Laura Prince a plongé le Duc des Lombards dans un véritable état de grâce.
Quel bonheur de découvrir une jeune chanteuse de jazz qui a des choses à dire et à chanter avec passion et talent, mêlant force et délicatesse, douceur et énergie.

Toute d’écarlate vêtue, Melle Prince nous invite au voyage.
Un voyage au Togo, le pays de ses racines.

Un pays de couleurs et de saveurs, nous dira-t-elle, celles du maïs grillé ou des plats concoctés par les femmes sur le marché.
Un pays de souvenirs : le sourire des enfants, la danse des balais nettoyant le sable devant les maisons, le chant de la pluie sur les tôles ondulées…

Un voyage musical et jazzistique.
Entourée de Zacharie Abraham à la conrebasse, Tilo Bartholo à la batterie, Alex Tran aux percussions et de Grégory Privat au piano, la jeune chanteuse va nous enchanter et nous envoûter.

Dans une filiation qui l’aurait fait rencontrer Nina Simone puis Sade ou encore Ayo, Laura Prince distille une musique mêlant jazz, world music et soul.
Une musique de paix, de sérénité intérieure.
L’album Peace of mine ne porte pas ce titre pour rien.

La voix ! Quelle voix !
Grâce à une voix chaude, claire, profonde, véloutée, grâce à une irréprochable technique vocale et à une impressionnante tessiture, la demoiselle nous attrape pour ne plus nous lâcher.
Nous voici pris pour notre plus grand plaisir dans ses rêts artistiques.

Que ce soit dans des compositions intimistes ou bien des titres plus musclés, le message délivré allie fond et forme des plus inspirées.

Les premiers titres, sur des arrangements de Grégory Privat laissent parfaitement s’exprimer la sérénité évoquée plus haut.

Voici Musical Inspiration.
« This is the story of a nation, it’s so high to get a solution... »
Le discours musical devient plus engagé et virulent.
Le morceau va démontrer une première fois le grand talent individuel des musiciens.

La progression mélodique et rythmique va nous emmener dans des contrées plus sauvages, plus organiques, notamment grâce à un solo hallucinant au piano électronique Nord lead.

Une belle chanson d’amour… « In your eyes, I can see the stars »
Les yeux de Laura Prince brillent, plus un mot dans la salle…

Hier, nous étions le 11 septembre. Un triste anniversaire…
Elle en parle… avec un petit moment de silence.

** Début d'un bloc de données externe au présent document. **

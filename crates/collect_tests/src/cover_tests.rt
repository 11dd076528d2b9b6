//! The command `cover`: how many steps fell on each source line. The rows of the line program are
//! those that llvm-dwarfdump prints, and the steps of each line are the instructions between its
//! row and the next one.

use crate::trial::{Row, first_wrong};
use test_modules::{DIVISION, EMPTY, READING, SOURCE};

const ROWS: [Row<'static>; 10] = [
    (
        &SOURCE,
        "",
        "m f i32:65536",
        0,
        "trap 4 out of bounds memory access\nt.c:2 5\nt.c:3 3\nt.c:4 9\nt.c:5 2\nunplaced 0\nsteps 19\n",
    ),
    (
        &SOURCE,
        "",
        "m f i32:0",
        0,
        "finished i32:0\nt.c:2 5\nt.c:3 3\nt.c:4 9\nt.c:5 3\nunplaced 0\nsteps 20\n",
    ),
    (
        &SOURCE,
        "",
        "m f i32:0 --fuel 7",
        0,
        "fuel spent\nt.c:2 5\nt.c:3 2\nunplaced 0\nsteps 7\n",
    ),
    (
        &DIVISION,
        "",
        "m div i32:8 i32:2",
        0,
        "finished i32:4\nunplaced 4\nsteps 4\n",
    ),
    (
        &READING,
        "i32:9 16=01020304\n",
        "m f --replies r",
        0,
        "trap 1 unreachable\nunplaced 3\nsteps 3\n",
    ),
    (
        &READING,
        "",
        "m f --replies r",
        9,
        "host stopped: no reply for call 0\n",
    ),
    (&READING, "", "m f", 8, "not started: import 0\n"),
    (
        &READING,
        "i32",
        "m f --replies r",
        17,
        "bad replies at line 1\n",
    ),
    (&EMPTY, "", "m f", 8, "not started: export \"f\"\n"),
    (&EMPTY, "", "n f", 3, "no file: \"n\"\n"),
];

#[test]
fn steps_are_counted_by_lines(rt: HostRuntime) {
    assert_eq!(rt; first_wrong(rt.alloc(), "cover", &ROWS), None);
}
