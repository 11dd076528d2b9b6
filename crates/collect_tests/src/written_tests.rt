//! What `instrument` says of modules and what it writes. Weights are sums of parts by hand.

use crate::trial::{Fault, answers, files_of, first_wrong_fault, is_rewritten};
use std::alloc::Global;
use test_modules::{DIVISION, EMPTY, NESTED, TAKEN_NAME};
use wasm_decode::decode;
use wasm_syntax::{Basic, Body, Instr, Jump, Module};

/// A module, its weight as it is told, and what `check` counts in its rewriting.
type Row = (&'static [u8], &'static str, &'static str);

const WEIGHTS: [Row; 2] = [
    (
        &EMPTY,
        "instrumented weight 576\n",
        "valid types 4 imports 3 functions 0 exports 0 custom 0\n",
    ),
    (
        &DIVISION,
        "instrumented weight 2104\n",
        "valid types 5 imports 3 functions 2 exports 1 custom 0\n",
    ),
];

/// Whether a module is rewritten so, and not a second time.
fn weighs(alloc: Global, row: &Row) -> bool {
    let wanted = (14, "collision: import 0\n");
    match files_of(alloc, row.0, b"") {
        Ok(mut files) => {
            answers(alloc, ["instrument m", "i"], &mut files, (0, row.1))
                && answers(alloc, ["check", "i"], &mut files, (0, row.2))
                && answers(alloc, ["instrument i", "j"], &mut files, wanted)
                && files.get("j").is_none()
        }
        Err(_) => false,
    }
}

/// Whether the name of the memory is taken.
fn is_refused(alloc: Global) -> bool {
    let wanted = (14, "collision: export 0\n");
    match files_of(alloc, &TAKEN_NAME, b"") {
        Ok(mut files) => {
            answers(alloc, ["instrument m", "i"], &mut files, wanted) && files.get("i").is_none()
        }
        Err(_) => false,
    }
}

/// The call of `Files` that fails, the file that is named, and how many bytes of the written file
/// are there. The module is read in two calls; then the file is made, and its bytes are added at
/// once, of which ten are taken.
const FAULTS: [Fault<'static>; 4] = [
    (0, "file fault: \"m\"\n", None, None),
    (1, "file fault: \"m\"\n", None, None),
    (2, "file fault: \"i\"\n", None, None),
    (3, "file fault: \"i\"\n", Some(10), None),
];

/// The number of the first row that does not hold, if there is one.
fn first_wrong(alloc: Global, rows: &[Row]) -> Option<usize> {
    for (number, row) in rows.iter().enumerate() {
        if !weighs(alloc, row) {
            return Some(number);
        }
    }
    None
}

#[test]
fn weights_are_told(rt: HostRuntime) {
    assert_eq!(rt; first_wrong(rt.alloc(), &WEIGHTS), None);
}

#[test]
fn the_name_of_the_memory_is_taken(rt: HostRuntime) {
    assert!(rt; is_refused(rt.alloc()));
}

#[test]
fn a_failing_file_is_named(rt: HostRuntime) {
    let line = ["instrument m", "i"];
    assert_eq!(rt;
        first_wrong_fault(rt.alloc(), &DIVISION, line, ["i", "j"], &FAULTS),
        None
    );
}

/// Whether a local is one of eight slots, in a body without locals of its own. Behind four of type
/// i32 stand a result, a kind and an offset, and then four of type i64.
fn is_slot(local: u32) -> bool {
    local < 4 || (local >= 7 && local < 11)
}

/// Whether a body without locals of its own sets none of eight slots in front of its first call.
fn keeps_slots(body: &Body) -> bool {
    for op in body.ops.as_slice() {
        match op.code {
            Instr::Jump(Jump::Call(_)) => return true,
            Instr::Basic(Basic::LocalSet(local) | Basic::LocalTee(local)) => {
                if is_slot(local) {
                    return false;
                }
            }
            _ => {}
        }
    }
    false
}

/// Whether the first function of a module is so.
fn first_keeps_slots(module: &Module) -> bool {
    match module.parts().bodies.get(0) {
        Some(body) => keeps_slots(body),
        None => false,
    }
}

fn is_kept(alloc: Global, bytes: Option<&[u8]>) -> bool {
    let Some(bytes) = bytes else { return false };
    match decode(alloc, bytes) {
        Ok(module) => first_keeps_slots(&module),
        Err(_) => false,
    }
}

fn constants_are_not_stored(alloc: Global) -> bool {
    match files_of(alloc, &NESTED, b"") {
        Ok(mut files) => is_rewritten(alloc, &mut files) && is_kept(alloc, files.get("i")),
        Err(_) => false,
    }
}

// The operands of the nested blocks are constants, which are handed over as they are.
#[test]
fn no_operand_is_stored_in_front_of_the_first_call(rt: HostRuntime) {
    assert!(rt; constants_are_not_stored(rt.alloc()));
}
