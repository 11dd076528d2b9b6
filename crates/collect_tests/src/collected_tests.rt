//! Modules that `instrument` wrote, under `run --collect`. What is wanted was worked out by hand
//! from Core 4.4 and 4.5.

use crate::trial::{answers, files_of, is_rewritten};
use pm_outside::MemFiles;
use std::alloc::Global;
use test_modules::*;

/// A module, replies, the words behind the file of `run`, the status and the text.
struct Row {
    source: &'static [u8],
    replies: &'static str,
    line: &'static str,
    status: u8,
    text: &'static str,
}

const NUMBERS: [Row; 6] = [
    Row {
        source: &DIVISION,
        replies: "",
        line: "div i32:7 i32:0",
        status: 1,
        text: "trap 2 integer divide by zero\nat function 0 offset 5\nhost calls 0\n",
    },
    Row {
        source: &DIVISION,
        replies: "",
        line: "div i32:-2147483648 i32:-1",
        status: 1,
        text: "trap 3 integer overflow\nat function 0 offset 5\nhost calls 0\n",
    },
    Row {
        source: &REMAINDER,
        replies: "",
        line: "div i32:-2147483648 i32:-1",
        status: 0,
        text: "finished i32:0\nhost calls 0\n",
    },
    Row {
        source: &NARROW_8,
        replies: "",
        line: "f i32:255",
        status: 0,
        text: "finished i32:-1\nhost calls 0\n",
    },
    Row {
        source: &NARROW_16,
        replies: "",
        line: "f i32:32768",
        status: 0,
        text: "finished i32:-32768\nhost calls 0\n",
    },
    Row {
        source: &WIDE,
        replies: "",
        line: "f i64:-1",
        status: 1,
        text: "trap 1 unreachable\nat function 0 offset 3\nhost calls 0\n",
    },
];

const MEMORIES: [Row; 10] = [
    Row {
        source: &LOADING,
        replies: "",
        line: "f i32:65532",
        status: 0,
        text: "finished i32:0\nhost calls 0\n",
    },
    Row {
        source: &LOADING,
        replies: "",
        line: "f i32:65533",
        status: 1,
        text: "trap 4 out of bounds memory access\nat function 0 offset 3\nhost calls 0\n",
    },
    Row {
        source: &FAR_LOADING,
        replies: "",
        line: "f i32:-1",
        status: 1,
        text: "trap 4 out of bounds memory access\nat function 0 offset 3\nhost calls 0\n",
    },
    Row {
        source: &FAR_LOADING,
        replies: "",
        line: "f i32:0",
        status: 1,
        text: "trap 4 out of bounds memory access\nat function 0 offset 3\nhost calls 0\n",
    },
    Row {
        source: &GROWING,
        replies: "",
        line: "f i32:4095",
        status: 0,
        text: "finished i32:1\nhost calls 0\n",
    },
    Row {
        source: &FILLING,
        replies: "",
        line: "f i32:65532",
        status: 0,
        text: "finished i32:117901063\nhost calls 0\n",
    },
    Row {
        source: &FILLING,
        replies: "",
        line: "f i32:65533",
        status: 1,
        text: "trap 4 out of bounds memory access\nat function 0 offset 7\nhost calls 0\n",
    },
    Row {
        source: &FILLING_NONE,
        replies: "",
        line: "f i32:65536",
        status: 0,
        text: "finished i32:0\nhost calls 0\n",
    },
    Row {
        source: &FILLING_NONE,
        replies: "",
        line: "f i32:65537",
        status: 1,
        text: "trap 4 out of bounds memory access\nat function 0 offset 7\nhost calls 0\n",
    },
    Row {
        source: &COPYING,
        replies: "",
        line: "f i32:0",
        status: 0,
        text: "finished i32:67305985\nhost calls 0\n",
    },
];

const CONTROL: [Row; 15] = [
    Row {
        source: &NESTED,
        replies: "",
        line: "f",
        status: 1,
        text: "trap 1 unreachable\nat function 0 offset 13\nhost calls 0\n",
    },
    Row {
        source: &TABLE_BRANCH,
        replies: "",
        line: "f i32:0",
        status: 1,
        text: "trap 1 unreachable\nat function 0 offset 27\nhost calls 0\n",
    },
    Row {
        source: &TABLE_BRANCH,
        replies: "",
        line: "f i32:1",
        status: 1,
        text: "trap 1 unreachable\nat function 0 offset 27\nhost calls 0\n",
    },
    Row {
        source: &TABLE_BRANCH,
        replies: "",
        line: "f i32:5",
        status: 1,
        text: "trap 1 unreachable\nat function 0 offset 27\nhost calls 0\n",
    },
    Row {
        source: &TABLE_SUM,
        replies: "",
        line: "f i32:0",
        status: 0,
        text: "finished i32:67\nhost calls 0\n",
    },
    Row {
        source: &TABLE_SUM,
        replies: "",
        line: "f i32:1",
        status: 0,
        text: "finished i32:37\nhost calls 0\n",
    },
    Row {
        source: &TABLE_SUM,
        replies: "",
        line: "f i32:5",
        status: 0,
        text: "finished i32:17\nhost calls 0\n",
    },
    Row {
        source: &INDIRECT,
        replies: "",
        line: "f i32:0",
        status: 0,
        text: "finished i32:42\nhost calls 0\n",
    },
    Row {
        source: &INDIRECT,
        replies: "",
        line: "f i32:5",
        status: 1,
        text: "trap 5 undefined element\nat function 1 offset 3\nhost calls 0\n",
    },
    Row {
        source: &INDIRECT,
        replies: "",
        line: "f i32:2",
        status: 1,
        text: "trap 6 uninitialized element\nat function 1 offset 3\nhost calls 0\n",
    },
    Row {
        source: &INDIRECT,
        replies: "",
        line: "f i32:1",
        status: 1,
        text: "trap 7 indirect call type mismatch\nat function 1 offset 3\nhost calls 0\n",
    },
    Row {
        source: &INDIRECT_LONG,
        replies: "",
        line: "f i32:0",
        status: 0,
        text: "finished i32:42\nhost calls 0\n",
    },
    Row {
        source: &INDIRECT_LONG,
        replies: "",
        line: "f i32:5",
        status: 1,
        text: "trap 5 undefined element\nat function 1 offset 3\nhost calls 0\n",
    },
    Row {
        source: &INDIRECT_LONG,
        replies: "",
        line: "f i32:2",
        status: 1,
        text: "trap 6 uninitialized element\nat function 1 offset 3\nhost calls 0\n",
    },
    Row {
        source: &INDIRECT_LONG,
        replies: "",
        line: "f i32:1",
        status: 1,
        text: "trap 7 indirect call type mismatch\nat function 1 offset 3\nhost calls 0\n",
    },
];

const CALLS: [Row; 9] = [
    Row {
        source: &RECURSIVE,
        replies: "",
        line: "--depth 3 f i32:2",
        status: 1,
        text: "trap 5 undefined element\nat function 0 offset 8\nhost calls 0\n",
    },
    Row {
        source: &STARTING,
        replies: "",
        line: "f",
        status: 1,
        text: "trap 1 unreachable\nat function 0 offset 1\nhost calls 0\n",
    },
    Row {
        source: &GLOBAL,
        replies: "",
        line: "f",
        status: 1,
        text: "trap 1 unreachable\nat function 0 offset 1\nhost calls 0\n",
    },
    Row {
        source: &EMPTY,
        replies: "",
        line: "main",
        status: 8,
        text: "not started: export \"main\"\n",
    },
    Row {
        source: &DIVISION,
        replies: "",
        line: "div i32:8",
        status: 8,
        text: "not started: arguments\n",
    },
    Row {
        source: &READING,
        replies: "i32:9 16=01020304",
        line: "--replies r f",
        status: 1,
        text: "trap 1 unreachable\nat function 1 offset 5\nhost calls 1\n",
    },
    Row {
        source: &READING,
        replies: "",
        line: "--replies r f",
        status: 9,
        text: "host stopped: no reply for call 0\n",
    },
    Row {
        source: &READING,
        replies: "i64:9",
        line: "--replies r f",
        status: 9,
        text: "host stopped: reply 0 does not fit\n",
    },
    Row {
        source: &READING,
        replies: "",
        line: "f",
        status: 8,
        text: "not started: import 0\n",
    },
];

const LISTS: [Row; 2] = [
    Row {
        source: &DIVISION,
        replies: "",
        line: "div i32:7 i32:0 + div i32:8 i32:2",
        status: 1,
        text: "trap 2 integer divide by zero\nat function 0 offset 5\nhost calls 0\nfinished i32:4\nhost calls 0\n",
    },
    Row {
        source: &COUNTING,
        replies: "",
        line: "f + f",
        status: 1,
        text: "trap 1 unreachable\nat function 0 offset 8\nhost calls 0\ntrap 1 unreachable\n\
               at function 0 offset 8\nhost calls 0\n",
    },
];

/// Whether two files hold the same, or neither is there.
fn are_equal(files: &MemFiles, first: &str, second: &str) -> bool {
    files.get(first) == files.get(second)
}

/// Whether the module in `m` runs so, and, rewritten, runs so again and hands over what the first
/// run wrote.
fn is_collected(alloc: Global, files: &mut MemFiles, row: &Row) -> bool {
    let wanted = (row.status, row.text);
    answers(alloc, ["run m --dump a", row.line], files, wanted)
        && is_rewritten(alloc, files)
        && answers(alloc, ["run i --collect --dump b", row.line], files, wanted)
        && are_equal(files, "a", "b")
        && are_equal(files, "a.1", "b.1")
        && files.get("a").is_some() == (row.status == 1)
}

/// Whether the row holds.
fn holds(alloc: Global, row: &Row) -> bool {
    match files_of(alloc, row.source, row.replies.as_bytes()) {
        Ok(mut files) => is_collected(alloc, &mut files, row),
        Err(_) => false,
    }
}

/// The number of the first row that does not hold, if there is one.
fn first_wrong(alloc: Global, rows: &[Row]) -> Option<usize> {
    for (number, row) in rows.iter().enumerate() {
        if !holds(alloc, row) {
            return Some(number);
        }
    }
    None
}

#[test]
fn invocations_are_collected(rt: HostRuntime) {
    assert_eq!(rt; first_wrong(rt.alloc(), &NUMBERS), None);
    assert_eq!(rt; first_wrong(rt.alloc(), &MEMORIES), None);
    assert_eq!(rt; first_wrong(rt.alloc(), &CONTROL), None);
    assert_eq!(rt; first_wrong(rt.alloc(), &CALLS), None);
    assert_eq!(rt; first_wrong(rt.alloc(), &LISTS), None);
}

Pour ne pas oublier.

Save me, avec un beau solo d’Alex Tran aux congas Latin Percussion comme il se doit.
Nous, nous serons divisés par la demoiselle en trois parties pour chanter avec elle.

Le public enthousiaste s’exécute avec grand plaisir.

Voici Amazonia, une ode à la forêt amazonienne, dans lequel Tilo Bertholo démontre sa grande technique notamment en « martyrisant » ses cymbales.

Et puis, voici le morceau qui a donné sont titre à l’album. Peace of mine.
Un hymne à la vie et à l’instant présent, un appel à vivre pleinement.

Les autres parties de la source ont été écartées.